For the whole process (stage I and stage II) I need to simulate them for 5000 times. How am I going to proceed with step 2? Do you think I need to put another loop to proceed with stage II?
Those are tasks you can do without explicit loops. Therefore, note a few things: It is the same if you generate 3 times 15 times 2000 random numbers or if you generate them all at once. They still share the same distribution.
Next: Setting the seed within each loop makes your simulation deterministic. Call set.seed once at the start of your script.
So, what we will do is to generate all random numbers at once, then compute their squared norms for groups of three, then build groups of 15.
First some variable definitions:
set.seed(20131301)
repetitions <- 2000
numperval <- 3
numpergroup <- 15
miu <- 0
sd1 <- 1
sd2 <- 1
As we need two groups, we wrap the group generation stuff into a custom function.

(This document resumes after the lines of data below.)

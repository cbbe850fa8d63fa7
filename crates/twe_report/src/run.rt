//! A run of a program that reads one text.
ghost use Rattle.std.specs.Prelude.{◌≡◌, IfOk, Some};
ghost use Rattle.twe_io.specs.Answers.{IsAnswered};
ghost use Rattle.twe_io.specs.Ends.{ends, ends_tell, sink, source};
ghost use Rattle.twe_report.specs.Causes.{TextCause};

use crate::program::TextProgram;
use crate::{Input, read_input};
use std::alloc::Global;
use twe_base::{Memory, Word};
use twe_io::{Answer, Sink, Source, Status, tell};

/// The answer to words that ask for this: the source is read, and its text is answered.
fn answer_source<P: TextProgram, S: Source>(
    alloc: Global,
    words: &[Word],
    program: &P,
    src: &mut S,
) -> Result<Answer, Memory>
    requires { P.asked words.now ≡ Some program.now }
    ensures { IfOk result (TextCause P.asked P.usage P.due (source S.left S.faults S.read_gives) words.now src.old src.new) }
{
    let _ = words;
    let input = read_input(alloc, src)?;
    match input {
        Input::Given(text) => program.answer_text(alloc, text.as_slice()),
        Input::Failed(answer) => Ok(answer),
    }
}

/// The answer to these words.
fn answer<P: TextProgram, S: Source>(
    alloc: Global,
    words: &[Word],
    src: &mut S,
) -> Result<Answer, Memory>
    ensures { IfOk result (TextCause P.asked P.usage P.due (source S.left S.faults S.read_gives) words.now src.old src.new) }
{
    let wanted = P::of_words(alloc, words)?;
    match wanted {
        None => Ok(Answer::on_err(alloc, Status::Usage, P::usage_text(alloc)?)),
        Some(program) => answer_source(alloc, words, &program, src),
    }
}

/// Reads a text from the source, as the words ask for it, writes the answer to it, and returns the status. If the program takes
/// no such words, the answer is the usage line, and nothing is read.
///
/// `TextCause` says why it gives an answer. After `Memory` nothing was written.
pub fn run_text_program<P: TextProgram, S: Source, O: Sink, E: Sink>(
    alloc: Global,
    words: &[Word],
    src: &mut S,
    out: &mut O,
    err: &mut E,
) -> Status
    ensures { IsAnswered (ends_tell (source S.left S.faults S.read_gives) (sink O.written O.faults O.write_gives)
        (sink E.written E.faults E.write_gives))
        (TextCause P.asked P.usage P.due (source S.left S.faults S.read_gives) words.now)
        (ends src.old out.old err.old) (ends src.new out.new err.new) result }
{
    let made = answer::<P, S>(alloc, words, src);
    tell(&made, out, err)
}
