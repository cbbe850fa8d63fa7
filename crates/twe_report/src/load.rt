//! The result of a run of the load generator's program.
ghost use Rattle.std.specs.Prelude.{◌≡◌, IfOk};
ghost use Rattle.twe_report.specs.Texts as texts;

use crate::result::push_value;
use itoa::Buffer;
use machine_state::State;
use std::alloc::Global;
use twe_base::{Bytes, Memory};

/// The result of a run of the load generator's program for `n` cells: `n`, the number of tasks that were made, and the value of
/// the cell `s`, which is the first that the program declares.
pub fn load_result_text(alloc: Global, n: u32, st: &State) -> Result<Bytes, Memory>
    ensures { IfOk result (λ text. text ≡ texts.load_result_text n st.now) }
{
    let mut text = Bytes::from_slice(alloc, b"load ")?;
    text.push_all(Buffer::new().format(n).as_bytes())?;
    text.push(b'\n')?;
    text.push_all(b"tasks ")?;
    text.push_all(Buffer::new().format(st.tasks.len()).as_bytes())?;
    text.push(b'\n')?;
    text.push_all(b"s = ")?;
    push_value(&mut text, st.cells.as_slice(), 0)?;
    text.push(b'\n')?;
    Ok(text)
}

This is not necessary, but does help a bit in keeping the code clean an readable.
generateGroup <- function(repetitions, numperval, numpergroup, m, s) {
# Generate all data
data <- rnorm(repetitions*numperval*numpergroup, m, s)
# Build groups of 3:
data <- matrix(data, ncol=numperval)
# And generate the squared norm of those
data <- rowSums(data*data)
# Finally build a matrix with 15 columns, each column one dataset of numbers, each row one repetition
matrix(data, ncol=numpergroup)
}
Great, now we can generate random numbers for our group:
group1 <- generateGroup(repetitions, numperval, numpergroup, miu, sd1)
group2 <- generateGroup(repetitions, numperval, numpergroup, miu, sd2)
To compute the trimmed mean, we again utilize apply:
trimmedmeans_group1 <- apply(group1, 1, mean, trim=0.25)
trimmedmeans_group2 <- apply(group2, 1, mean, trim=0.25)
I used mean with the trim argument instead of sorting, throwing away and computing the mean. If you need the sorted numbers explicitly, you could do it by hand (just for one group, this time):
sorted <- t(apply(group1, 1, sort))
# We have to transpose as apply by default returns a matrix with each observation in one column. I chose the other way around above, so we stick with this convention and transpose.
Now, it would be easy to throw away the first and last two columns and generate the mean, if you want to do it manually.